■ Task description
Give again the entries below exactly, beginning at the first line and ending at the line with "rows.push(5);".

■ Extracted entries
--

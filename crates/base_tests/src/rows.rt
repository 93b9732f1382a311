//! Tests of row buffers, and of chains of equal keys.
use base_io::NoMemory;
use link_index::Chains;
use reserve_plan::{empty_chains, row_buffers};
use row_buf::RowBuf;
use std::alloc::Global;
use std::test::Fail;

#[test]
fn reserved_rows_are_pushed(rt: HostRuntime) -> Result<(), Fail> {
    let mut rows = RowBuf::new(rt.alloc());
    rows.reserve(2)?;
    rows.push(5);
    rows.push(7);
    assert_eq!(rt; rows.as_slice(), [5, 7].as_slice());
    assert!(rt; !rows.has_spare());
    rows.set(0, 6);
    assert_eq!(rt; rows.get(0), 6);
    rows.clear();
    rows.fill(1, 9);
    rows.extend(&[4]);
    assert_eq!(rt; rows.as_slice(), [9, 4].as_slice());
    Ok(())
}

// Looks 7 up in chains of the keys [7, 9, 7, 7]: its first place, and its next place. Then the same in the chains after they are loaded with the
// keys [8, 7].
fn places_of_seven(alloc: Global) -> Result<[Option<u32>; 4], NoMemory> {
    let mut chains = Chains::with_room(alloc, 4, 3)?;
    chains.load(&[7, 9, 7, 7]);
    let (first, next) = (chains.first(7), chains.after(0, 7));
    chains.load(&[8, 7]);
    Ok([first, next, chains.first(7), chains.after(1, 7)])
}

#[test]
fn chains_ascend(rt: HostRuntime) -> Result<(), Fail> {
    assert_eq!(rt;
        places_of_seven(rt.alloc())?,
        [Some(0), Some(2), Some(1), None]
    );
    Ok(())
}

// Reserves two row lists, with room for 6 rows and for 0 rows. Returns how many lists there are, and whether each has room for a row.
fn reserved(alloc: Global) -> Result<(usize, bool, bool), NoMemory> {
    let lists = row_buffers(alloc, &[6, 0])?;
    Ok((lists.len(), lists[0].has_spare(), lists[1].has_spare()))
}

#[test]
fn lists_are_reserved(rt: HostRuntime) -> Result<(), Fail> {
    assert_eq!(rt; reserved(rt.alloc())?, (2, true, false));
    Ok(())
}

// The place of 7 in chains that were reserved for one row.
fn place_in_reserved(alloc: Global) -> Result<Option<u32>, NoMemory> {
    let mut chains = empty_chains(alloc, 1)?;
    chains.load(&[7]);
    Ok(chains.first(7))
}

#[test]
fn chains_are_reserved(rt: HostRuntime) -> Result<(), Fail> {
    assert_eq!(rt; place_in_reserved(rt.alloc())?, Some(0));
    Ok(())
}
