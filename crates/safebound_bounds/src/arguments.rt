//! The equalities and lists that a caller hands in. Row bounds and runs are the other arguments.

/// An equality between columns of two different entries.
#[repr(C)]
#[derive(Clone, Copy, Debug, PartialEq, Eq)]
pub struct Equality {
    pub left_entry: u32,
    pub left_column: u32,
    pub right_entry: u32,
    pub right_column: u32,
}

/// The value of `first` in a list without runs, for a column in which no row has a value.
pub const NO_VALUES: u64 = u64::MAX;

/// The list of an entry's column: `length` runs of the call's array of runs, from index `first` on.
#[repr(C)]
#[derive(Clone, Copy, Debug, PartialEq, Eq)]
pub struct ColumnList {
    pub entry: u32,
    pub column: u32,
    pub first: u64,
    pub length: u64,
}
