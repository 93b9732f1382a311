//! Counts the work of a call for all bounds, before the call does the work.
ghost use Rattle.std.specs.Prelude.{◌≡◌, ◌+◌, ◌^◌, ◌<◌, ◌≤◌, if◌then◌else◌, ℕ, length, map, slice_index, IfOk};
ghost use Rattle.limits.specs.Profile.{greatest_entries, most_conjuncts};
ghost use Rattle.join_graph.specs.Kept.{joins_within};
ghost use Rattle.safebound_bounds.specs.Work.{runs_joined as runs_of_both, runs_listed as runs_of_list, work_of_set, work_of_turn, work_of};

use crate::arguments::ColumnList;
use crate::checking::list_of_column;
use base_io::{NoMemory, Seq};
use berge_tree::{Edge, Place};
use entry_sets::EntrySet;
use join_graph::{Parts, count_turns, joins_within};
use std::alloc::Global;

fn runs_listed(lists: &[ColumnList], place: Place) -> u64
    ensures { result ≡ runs_of_list lists.now place }
{
    match list_of_column(lists, place) {
        Some(list) => list.length,
        None => 0,
    }
}

fn runs_joined(lists: &[ColumnList], edge: Edge) -> u128
    ensures is { result ≡ runs_of_both lists.now edge }
    ensures few { result < 2 ^ 65 }
{
    u128::from(runs_listed(lists, edge.left)) + u128::from(runs_listed(lists, edge.right))
}

// For each equality, how many runs the lists of its two columns have.
fn runs_of_each(alloc: Global, lists: &[ColumnList], edges: &[Edge]) -> Result<Seq<u128>, NoMemory>
    ensures are { IfOk result (λ each. each ≡ map (runs_of_both lists.now) edges.now) }
    ensures few { IfOk result (λ each. (i : ℕ) → slice_index each i < 2 ^ 65) }
{
    let mut each = Seq::new(alloc);
    for edge in edges {
        each.push(runs_joined(lists, *edge))?;
    }
    Ok(each)
}

// If both entries of the equality are in the set, the work plus the equality's runs. Otherwise the work.
fn with_runs(work: u128, subset: EntrySet, edge: Edge, runs: u128) -> u128
    requires { work + runs < 2 ^ 128 }
    ensures { result ≡ (if joins_within subset edge then work + runs else work) }
{
    if joins_within(subset, edge) {
        work + runs
    } else {
        work
    }
}

fn work_of_turn(lists: &[ColumnList], edges: &[Edge], each: &[u128], subset: EntrySet) -> u128
    requires many { length edges.now ≤ most_conjuncts }
    requires are { each.now ≡ map (runs_of_both lists.now) edges.now }
    requires few { (i : ℕ) → slice_index each.now i < 2 ^ 65 }
    ensures is { result ≡ work_of_turn lists.now edges.now subset }
    ensures few { result ≤ 2 ^ 74 }
{
    let mut work = 1;
    for (place, edge) in edges.iter().enumerate() {
        work = with_runs(work, subset, *edge, each[place]);
    }
    work
}

fn work_of_set(lists: &[ColumnList], parts: &Parts, each: &[u128], subset: EntrySet) -> u128
    requires many { length parts.now.equalities ≤ most_conjuncts }
    requires are { each.now ≡ map (runs_of_both lists.now) parts.now.equalities }
    requires few { (i : ℕ) → slice_index each.now i < 2 ^ 65 }
    ensures is { result ≡ work_of_set lists.now parts.now.equalities subset }
    ensures few { result ≤ 2 ^ 78 }
{
    let turn = work_of_turn(lists, parts.equalities.as_slice(), each, subset);
    u128::from(count_turns(parts, subset)) * turn
}

fn work_of_sets(lists: &[ColumnList], parts: &Parts, each: &[u128], entries: u8) -> u128
    requires entries { entries ≤ greatest_entries }
    requires many { length parts.now.equalities ≤ most_conjuncts }
    requires are { each.now ≡ map (runs_of_both lists.now) parts.now.equalities }
    requires few { (i : ℕ) → slice_index each.now i < 2 ^ 65 }
    ensures { result ≡ work_of lists.now parts.now.equalities entries }
{
    let mut work = 0;
    for bits in 0..1u32 << entries {
        work += work_of_set(lists, parts, each, EntrySet::from_bits(bits as u16));
    }
    work
}

/// The work of all sets of `entries` entries.
pub(crate) fn work(
    alloc: Global,
    lists: &[ColumnList],
    parts: &Parts,
    entries: u8,
) -> Result<u128, NoMemory>
    requires entries { entries ≤ greatest_entries }
    requires many { length parts.now.equalities ≤ most_conjuncts }
    ensures { IfOk result (λ work. work ≡ work_of lists.now parts.now.equalities entries) }
{
    let each = runs_of_each(alloc, lists, parts.equalities.as_slice())?;
    Ok(work_of_sets(lists, parts, each.as_slice(), entries))
}
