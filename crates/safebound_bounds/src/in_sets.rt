//! The row bounds and lists of the entries in a set. If an equality of the set names a column, a row without a value in this column joins
//! with no row. So the row isn't counted.
ghost use Rattle.std.specs.Prelude.{◌≡◌, ◌∷◌, [], ◌<◌, ◌≤◌, ℕ, length, true, IfOk};
ghost use Rattle.std.specs.List.{sum};
ghost use Rattle.limits.specs.Profile.{greatest_entries};
ghost use Rattle.join_graph.specs.Kept.{equalities_within};
ghost use Rattle.safebound_lists.specs.Runs.{AreValid, list_of as list_of_runs};
ghost use Rattle.safebound_bounds.specs.Arguments.{AreRunsValidAt, RunsExist, IsListValidAt, list_at, runs_of};
ghost use Rattle.safebound_bounds.specs.InSets.{AreValidAndOfSet, CoversRows, known_by};
ghost use Rattle.safebound_bounds.specs.Meaning.{at_most_with_value as fewer_there, rows_in_set as rows_of_set, joinable_rows as joinable_by, rows_with_value as with_value};

use crate::arguments::{ColumnList, Equality};
use crate::checking::{list_of_column, own_runs};
use crate::listing::entry_lists;
use base_io::{NoMemory, Seq};
use berge_tree::{Edge, Place};
use entry_sets::EntrySet;
use join_graph::{Parts, joins_within};
use safebound_lists::Run;
use set_bounds::{EntryListsBySet, folded_bound};
use std::alloc::Global;

/// The values of a query, as they were handed in.
#[derive(Clone, Copy)]
pub(crate) struct Given<'a> {
    pub rows: &'a [u64],
    pub equalities: &'a [Equality],
    pub lists: &'a [ColumnList],
    pub runs: &'a [Run],
}

// How many rows the runs count.
fn total(runs: &[Run]) -> u64
    requires { AreValid runs.now }
    ensures { result ≡ sum (list_of_runs runs.now) }
{
    let mut total = 0;
    for run in runs {
        total += run.keys * run.degree;
    }
    total
}

// The most rows that may have a value in a column.
fn rows_with_value(lists: &[ColumnList], runs: &[Run], place: Place) -> u64
    requires there { (i : ℕ) → i < length lists.now → RunsExist (length runs.now) (list_at lists.now i) }
    requires valid { (i : ℕ) → i < length lists.now → AreRunsValidAt lists.now runs.now i }
    ensures { result ≡ with_value lists.now runs.now place }
{
    match list_of_column(lists, place) {
        Some(list) => total(own_runs(runs, list)),
        None => 0,
    }
}

// Lowers `rows` to the number of rows with a value in the column at `place`, if this is a column of the entry. Otherwise returns `rows`.
fn at_most_with_value(lists: &[ColumnList], runs: &[Run], entry: u8, place: Place, rows: u64) -> u64
    requires there { (i : ℕ) → i < length lists.now → RunsExist (length runs.now) (list_at lists.now i) }
    requires valid { (i : ℕ) → i < length lists.now → AreRunsValidAt lists.now runs.now i }
    ensures { result ≡ fewer_there lists.now runs.now entry place rows }
{
    if place.entry != entry {
        return rows;
    }
    rows.min(rows_with_value(lists, runs, place))
}

// If both entries of the equality are in the set, applies `at_most_with_value` for both its columns to a row bound of `entry`.
fn joinable_at(
    lists: &[ColumnList],
    runs: &[Run],
    entry: u8,
    subset: EntrySet,
    edge: Edge,
    rows: u64,
) -> u64
    requires there { (i : ℕ) → i < length lists.now → RunsExist (length runs.now) (list_at lists.now i) }
    requires valid { (i : ℕ) → i < length lists.now → AreRunsValidAt lists.now runs.now i }
    ensures { result ≡ joinable_by lists.now runs.now entry (equalities_within subset (edge ∷ [])) rows }
{
    if !joins_within(subset, edge) {
        return rows;
    }
    let left = at_most_with_value(lists, runs, entry, edge.left, rows);
    at_most_with_value(lists, runs, entry, edge.right, left)
}

// The most rows of an entry that the equalities of a set can join.
fn joinable_rows(
    lists: &[ColumnList],
    runs: &[Run],
    entry: u8,
    subset: EntrySet,
    edges: &[Edge],
    most: u64,
) -> u64
    requires there { (i : ℕ) → i < length lists.now → RunsExist (length runs.now) (list_at lists.now i) }
    requires valid { (i : ℕ) → i < length lists.now → AreRunsValidAt lists.now runs.now i }
    ensures { result ≡ joinable_by lists.now runs.now entry (equalities_within subset edges.now) most }
{
    let mut rows = most;
    for edge in edges {
        rows = joinable_at(lists, runs, entry, subset, *edge, rows);
    }
    rows
}

// For each entry, the most rows that the equalities of a set can join.
fn rows_in_set(
    alloc: Global,
    given: &Given,
    edges: &[Edge],
    subset: EntrySet,
) -> Result<Seq<u64>, NoMemory>
    requires few { length given.now.rows.now ≤ greatest_entries }
    requires there { (i : ℕ) → i < length given.now.lists.now → RunsExist (length given.now.runs.now) (list_at given.now.lists.now i) }
    requires valid { (i : ℕ) → i < length given.now.lists.now → AreRunsValidAt given.now.lists.now given.now.runs.now i }
    ensures { IfOk result (λ joinable. joinable ≡ rows_of_set given.now.rows.now given.now.lists.now given.now.runs.now edges.now subset) }
{
    let mut joinable = Seq::new(alloc);
    for entry in 0..given.rows.len() as u8 {
        let most = given.rows[entry as usize];
        joinable.push(joinable_rows(given.lists, given.runs, entry, subset, edges, most))?;
    }
    Ok(joinable)
}

impl EntryListsBySet for Given<'_> {
    ghost known = { known_by };

    ghost is_listed = { AreValidAndOfSet };

    fn folded(
        &self,
        alloc: Global,
        parts: &Parts,
        subset: EntrySet,
        forest: bool,
    ) -> Result<u128, NoMemory> {
        let edges = parts.equalities.as_slice();
        let rows = rows_in_set(alloc, self, edges, subset)?;
        let lists = entry_lists(alloc, rows.as_slice(), self.lists, self.runs)?;
        folded_bound(alloc, parts, &lists, subset, forest)
    }
}

// Whether the sum of the list is at least its entry's row bound.
fn covers_rows(rows: &[u64], runs: &[Run], list: ColumnList) -> bool
    requires entry { list.entry < length rows.now }
    requires there { RunsExist (length runs.now) list }
    requires valid { AreValid (runs_of runs.now list) }
    ensures { result ≡ true → CoversRows rows.now runs.now list }
{
    total(own_runs(runs, list)) >= rows[list.entry as usize]
}

/// Whether the sum of every list is at least its entry's row bound, so that no row lacks a value. Then row bounds and lists are the same in
/// every set.
pub(crate) fn cover_rows(rows: &[u64], lists: &[ColumnList], runs: &[Run]) -> bool
    requires lists { (i : ℕ) → i < length lists.now → IsListValidAt (length rows.now) (length runs.now) lists.now i }
    requires runs { (i : ℕ) → i < length lists.now → AreRunsValidAt lists.now runs.now i }
    ensures { result ≡ true → (i : ℕ) → i < length lists.now → CoversRows rows.now runs.now (list_at lists.now i) }
{
    for list in lists {
        if !covers_rows(rows, runs, *list) {
            return false;
        }
    }
    true
}
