//! Computes the bounds of all sets of entries, or the bound of one set.
ghost use Rattle.std.specs.Prelude.{◌≡◌, ◌⊎◌, ◌^◌, ◌<◌, ◌≤◌, ℕ, List, length, map, slice_index, IfErr, IfOk, OnErr, OnOk};
ghost use Rattle.std.specs.List.{AllByRecursion};
ghost use Rattle.entry_sets.specs.Sets.{entries_of_set};
ghost use Rattle.join_graph.specs.Kept.{equalities_within};
ghost use Rattle.tree_bounds.specs.Tables.{ChoicesAreDifferent};
ghost use Rattle.safebound_lists.specs.declared.refusal.Refusal.TheVariants as refusal;
ghost use Rattle.safebound_lists.specs.Written.{RoomBeginsWith};
ghost use Rattle.safebound_bounds.specs.Arguments.{list_at};
ghost use Rattle.set_bounds.specs.AllSets.{bounds_in_sets as told_in_sets};
ghost use Rattle.safebound_bounds.specs.Causes.{IsBoundsCause, AreArgumentsValid, IsSetCause, IsWithinCause};
ghost use Rattle.safebound_bounds.specs.InSets.{CoversRows, known_by};
ghost use Rattle.safebound_bounds.specs.Meaning.{all_bounds, bound_in, edges_of, given_list, known_in, in_64_bits, no_bound};
ghost use Rattle.safebound_bounds.specs.Values.{SatisfiesValues, ValuedTables, ValuesFit};
ghost use Rattle.safebound_bounds.specs.Work.{work_of};

use crate::arguments::{ColumnList, Equality};
use crate::checking::{
    first_invalid_equality, first_invalid_list, first_invalid_row_bound,
    first_invalid_run_of_lists, first_missing,
};
use crate::in_sets::{Given, cover_rows};
use crate::listing::{entry_lists, parts_of};
use crate::work::work;
use base_io::{NoMemory, Seq};
use entry_sets::EntrySet;
use join_graph::Parts;
use limits::{GREATEST_ENTRIES, MOST_CONJUNCTS};
use safebound_lists::{Refusal, Run};
use set_bounds::{EntryListsBySet, bounds_in_sets, bounds_of_sets};
use std::alloc::Global;

// Refuses the first invalid value.
fn check_values(
    rows: &[u64],
    equalities: &[Equality],
    lists: &[ColumnList],
    runs: &[Run],
) -> Result<(), Refusal>
    ensures valid { OnOk result (AreArgumentsValid rows.now equalities.now lists.now runs.now) }
    ensures wrong { (room : ℕ) → IfErr result (IsBoundsCause rows.now equalities.now lists.now runs.now room) }
{
    if rows.is_empty() || rows.len() > GREATEST_ENTRIES {
        return Err(Refusal::Entries {
            count: rows.len() as u64,
        });
    }
    if let Some(place) = first_invalid_row_bound(rows) {
        return Err(Refusal::Rows {
            place: place as u64,
        });
    }
    if equalities.len() > MOST_CONJUNCTS {
        return Err(Refusal::Equalities {
            count: equalities.len() as u64,
        });
    }
    if let Some(place) = first_invalid_equality(rows.len(), equalities) {
        return Err(Refusal::Equality {
            place: place as u64,
        });
    }
    if let Some(place) = first_invalid_list(rows.len(), runs.len(), lists) {
        return Err(Refusal::List {
            place: place as u64,
        });
    }
    if let Some(place) = first_invalid_run_of_lists(lists, runs) {
        return Err(Refusal::Run { place });
    }
    if let Some(place) = first_missing(lists, equalities) {
        return Err(Refusal::MissingList {
            place: place as u64,
        });
    }
    Ok(())
}

// The bounds of all sets, if every list counts at least as many rows as its entry's row bound. Then no row is left out for a missing value, so row
// bounds and lists are the same in every set.
fn bounds_if_lists_cover_rows(
    alloc: Global,
    parts: &Parts,
    given: &Given,
) -> Result<Seq<u128>, NoMemory>
    requires valid { AreArgumentsValid given.now.rows.now given.now.equalities.now given.now.lists.now given.now.runs.now }
    requires edges { parts.now.equalities ≡ edges_of given.now.equalities.now }
    requires full { (i : ℕ) → i < length given.now.lists.now → CoversRows given.now.rows.now given.now.runs.now (list_at given.now.lists.now i) }
    ensures { IfOk result (λ bounds. bounds ≡ told_in_sets (known_by given.now) parts.now.equalities (length given.now.rows.now)) }
{
    let entries = entry_lists(alloc, given.rows, given.lists, given.runs)?;
    bounds_of_sets(alloc, parts, &entries, given.rows.len() as u8)
}

// The bounds of all sets. Rows may lack values.
fn bounds_of_all_sets(alloc: Global, parts: &Parts, given: &Given) -> Result<Seq<u128>, NoMemory>
    requires valid { AreArgumentsValid given.now.rows.now given.now.equalities.now given.now.lists.now given.now.runs.now }
    requires edges { parts.now.equalities ≡ edges_of given.now.equalities.now }
    ensures { IfOk result (λ bounds. bounds ≡ told_in_sets (known_by given.now) parts.now.equalities (length given.now.rows.now)) }
{
    if cover_rows(given.rows, given.lists, given.runs) {
        return bounds_if_lists_cover_rows(alloc, parts, given);
    }
    bounds_in_sets(alloc, parts, given, given.rows.len() as u8)
}

fn in_64_bits(bound: u128) -> u64
    ensures { result ≡ in_64_bits bound }
{
    bound.min(u128::from(u64::MAX)) as u64
}

// Writes bounds as numbers of 64 bits.
fn write_bounds(bounds: &[u128], into: &mut [u64])
    requires { length bounds.now ≤ length into.old }
    ensures { RoomBeginsWith (map in_64_bits bounds.now) into.old into.new (length bounds.now) }
{
    for (set, bound) in bounds.iter().enumerate() {
        into[set] = in_64_bits(*bound);
    }
}

// Writes the bounds of all sets, from valid values.
fn write_all_bounds(
    alloc: Global,
    parts: &Parts,
    given: &Given,
    into: &mut [u64],
) -> Result<u64, Refusal>
    requires valid { AreArgumentsValid given.now.rows.now given.now.equalities.now given.now.lists.now given.now.runs.now }
    requires edges { parts.now.equalities ≡ edges_of given.now.equalities.now }
    requires room { 2 ^ length given.now.rows.now ≤ length into.old }
    ensures done { IfOk result (RoomBeginsWith (all_bounds (known_by given.now) (edges_of given.now.equalities.now) (length given.now.rows.now)) into.old into.new) }
    ensures refused { IfErr result (λ why. why ≡ refusal.NoMemory) }
    ensures kept { OnErr result (into.new ≡ into.old) }
{
    let bounds = bounds_of_all_sets(alloc, parts, given)?;
    write_bounds(bounds.as_slice(), into);
    Ok(bounds.len() as u64)
}

// Refuses invalid values, and a buffer that is too small for the bounds.
fn check_room(
    rows: &[u64],
    equalities: &[Equality],
    lists: &[ColumnList],
    runs: &[Run],
    room: usize,
) -> Result<(), Refusal>
    ensures valid { OnOk result (AreArgumentsValid rows.now equalities.now lists.now runs.now) }
    ensures room { OnOk result (2 ^ length rows.now ≤ room) }
    ensures refused { IfErr result (IsBoundsCause rows.now equalities.now lists.now runs.now room) }
{
    check_values(rows, equalities, lists, runs)?;
    let sets = 1usize << rows.len();
    if room < sets {
        return Err(Refusal::Room {
            needed: sets as u64,
        });
    }
    Ok(())
}

/// Writes the bounds of all sets of entries, in rows. The bound of a set is written at the index whose bits are the set's entries. The result
/// is how many bounds were written. A bound of 2^64 - 1 means 2^64 - 1 or more.
///
/// No bound is too low, if the row bounds and lists fit the tables. A choice has one row for each entry of a set. The choices that satisfy the set's
/// equalities are at most as many as the set's bound says (SafeBound, SIGMOD 2023; Degree Sequence Bound, ICDT 2023). Rows may lack values: a
/// comparison with a missing value isn't true (SQL-92, 8.2).
pub fn bounds(
    alloc: Global,
    rows: &[u64],
    equalities: &[Equality],
    lists: &[ColumnList],
    runs: &[Run],
    into: &mut [u64],
) -> Result<u64, Refusal>
    ensures done { IfOk result (RoomBeginsWith
        (all_bounds (known_in rows.now lists.now runs.now (edges_of equalities.now)) (edges_of equalities.now) (length rows.now)) into.old into.new) }
    ensures never_under { OnOk result ((subset : ℕ) → subset < 2 ^ length rows.now
        → (tables : ValuedTables) → ValuesFit rows.now (given_list lists.now runs.now) tables (edges_of equalities.now) subset
        → (choices : List (ℕ → ℕ))
        → AllByRecursion (SatisfiesValues tables (entries_of_set subset) (equalities_within subset (edges_of equalities.now))) choices
        → ChoicesAreDifferent (entries_of_set subset) choices
        → (length choices ≤ slice_index into.new subset) ⊎ (slice_index into.new subset ≡ no_bound)) }
    ensures valid { OnOk result (AreArgumentsValid rows.now equalities.now lists.now runs.now) }
    ensures refused { IfErr result (IsBoundsCause rows.now equalities.now lists.now runs.now (length into.old)) }
    ensures kept { OnErr result (into.new ≡ into.old) }
{
    check_room(rows, equalities, lists, runs, into.len())?;
    let parts = parts_of(alloc, equalities)?;
    let given = Given {
        rows,
        equalities,
        lists,
        runs,
    };
    write_all_bounds(alloc, &parts, &given, into)
}

// Refuses a call whose work is above the limit.
fn check_work(alloc: Global, parts: &Parts, given: &Given, limit: u64) -> Result<(), Refusal>
    requires valid { AreArgumentsValid given.now.rows.now given.now.equalities.now given.now.lists.now given.now.runs.now }
    requires edges { parts.now.equalities ≡ edges_of given.now.equalities.now }
    ensures within { OnOk result (work_of given.now.lists.now (edges_of given.now.equalities.now) (length given.now.rows.now) ≤ limit) }
    ensures refused { (room : ℕ) → 2 ^ length given.now.rows.now ≤ room
        → IfErr result (IsWithinCause given.now.rows.now given.now.equalities.now given.now.lists.now given.now.runs.now limit room) }
{
    let work = work(alloc, given.lists, parts, given.rows.len() as u8)?;
    if work > u128::from(limit) {
        return Err(Refusal::Work {
            needed: in_64_bits(work),
        });
    }
    Ok(())
}

/// Does what `bounds` does, if the work is within a limit. The work is counted first. If it is above the limit, no set is bounded.
pub fn bounds_within(
    alloc: Global,
    rows: &[u64],
    equalities: &[Equality],
    lists: &[ColumnList],
    runs: &[Run],
    limit: u64,
    into: &mut [u64],
) -> Result<u64, Refusal>
    ensures done { IfOk result (RoomBeginsWith
        (all_bounds (known_in rows.now lists.now runs.now (edges_of equalities.now)) (edges_of equalities.now) (length rows.now)) into.old into.new) }
    ensures never_under { OnOk result ((subset : ℕ) → subset < 2 ^ length rows.now
        → (tables : ValuedTables) → ValuesFit rows.now (given_list lists.now runs.now) tables (edges_of equalities.now) subset
        → (choices : List (ℕ → ℕ))
        → AllByRecursion (SatisfiesValues tables (entries_of_set subset) (equalities_within subset (edges_of equalities.now))) choices
        → ChoicesAreDifferent (entries_of_set subset) choices
        → (length choices ≤ slice_index into.new subset) ⊎ (slice_index into.new subset ≡ no_bound)) }
    ensures valid { OnOk result (AreArgumentsValid rows.now equalities.now lists.now runs.now) }
    ensures within { OnOk result (work_of lists.now (edges_of equalities.now) (length rows.now) ≤ limit) }
    ensures refused { IfErr result (IsWithinCause rows.now equalities.now lists.now runs.now limit (length into.old)) }
    ensures kept { OnErr result (into.new ≡ into.old) }
{
    check_room(rows, equalities, lists, runs, into.len())?;
    let parts = parts_of(alloc, equalities)?;
    let given = Given {
        rows,
        equalities,
        lists,
        runs,
    };
    check_work(alloc, &parts, &given, limit)?;
    write_all_bounds(alloc, &parts, &given, into)
}

/// The bound of one set of entries, in rows: the number that `bounds` writes for this set. No other set is bounded.
pub fn set_bound(
    alloc: Global,
    rows: &[u64],
    equalities: &[Equality],
    lists: &[ColumnList],
    runs: &[Run],
    set: u64,
) -> Result<u64, Refusal>
    ensures done { IfOk result (λ bound. bound ≡ bound_in (known_in rows.now lists.now runs.now (edges_of equalities.now)) (edges_of equalities.now) set) }
    ensures never_under { IfOk result (λ bound.
        (tables : ValuedTables) → ValuesFit rows.now (given_list lists.now runs.now) tables (edges_of equalities.now) set
        → (choices : List (ℕ → ℕ))
        → AllByRecursion (SatisfiesValues tables (entries_of_set set) (equalities_within set (edges_of equalities.now))) choices
        → ChoicesAreDifferent (entries_of_set set) choices
        → (length choices ≤ bound) ⊎ (bound ≡ no_bound)) }
    ensures valid { OnOk result (AreArgumentsValid rows.now equalities.now lists.now runs.now) }
    ensures there { OnOk result (set < 2 ^ length rows.now) }
    ensures refused { IfErr result (IsSetCause rows.now equalities.now lists.now runs.now set) }
{
    check_values(rows, equalities, lists, runs)?;
    if set >= 1u64 << rows.len() {
        return Err(Refusal::Set { given: set });
    }
    let parts = parts_of(alloc, equalities)?;
    let given = Given {
        rows,
        equalities,
        lists,
        runs,
    };
    let bound = given.folded(alloc, &parts, EntrySet::from_bits(set as u16), false)?;
    Ok(in_64_bits(bound))
}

--

■ Exercise output
filename crates/base_tests/src/rows.rt
repository 93b9732f1382a311
//! Tests of row buffers, and of chains of equal keys.
use base_io::NoMemory;
use link_index::Chains;
use reserve_plan::{empty_chains, row_buffers};
use row_buf::RowBuf;
use std::alloc::Global;
use std::test::Fail;

#[test]
fn reserved_rows_are_pushed(rt: HostRuntime) -> Result<(), Fail> {
    let mut rows = RowBuf::new(rt.alloc());
    rows.reserve(2)?;
    rows.push(5);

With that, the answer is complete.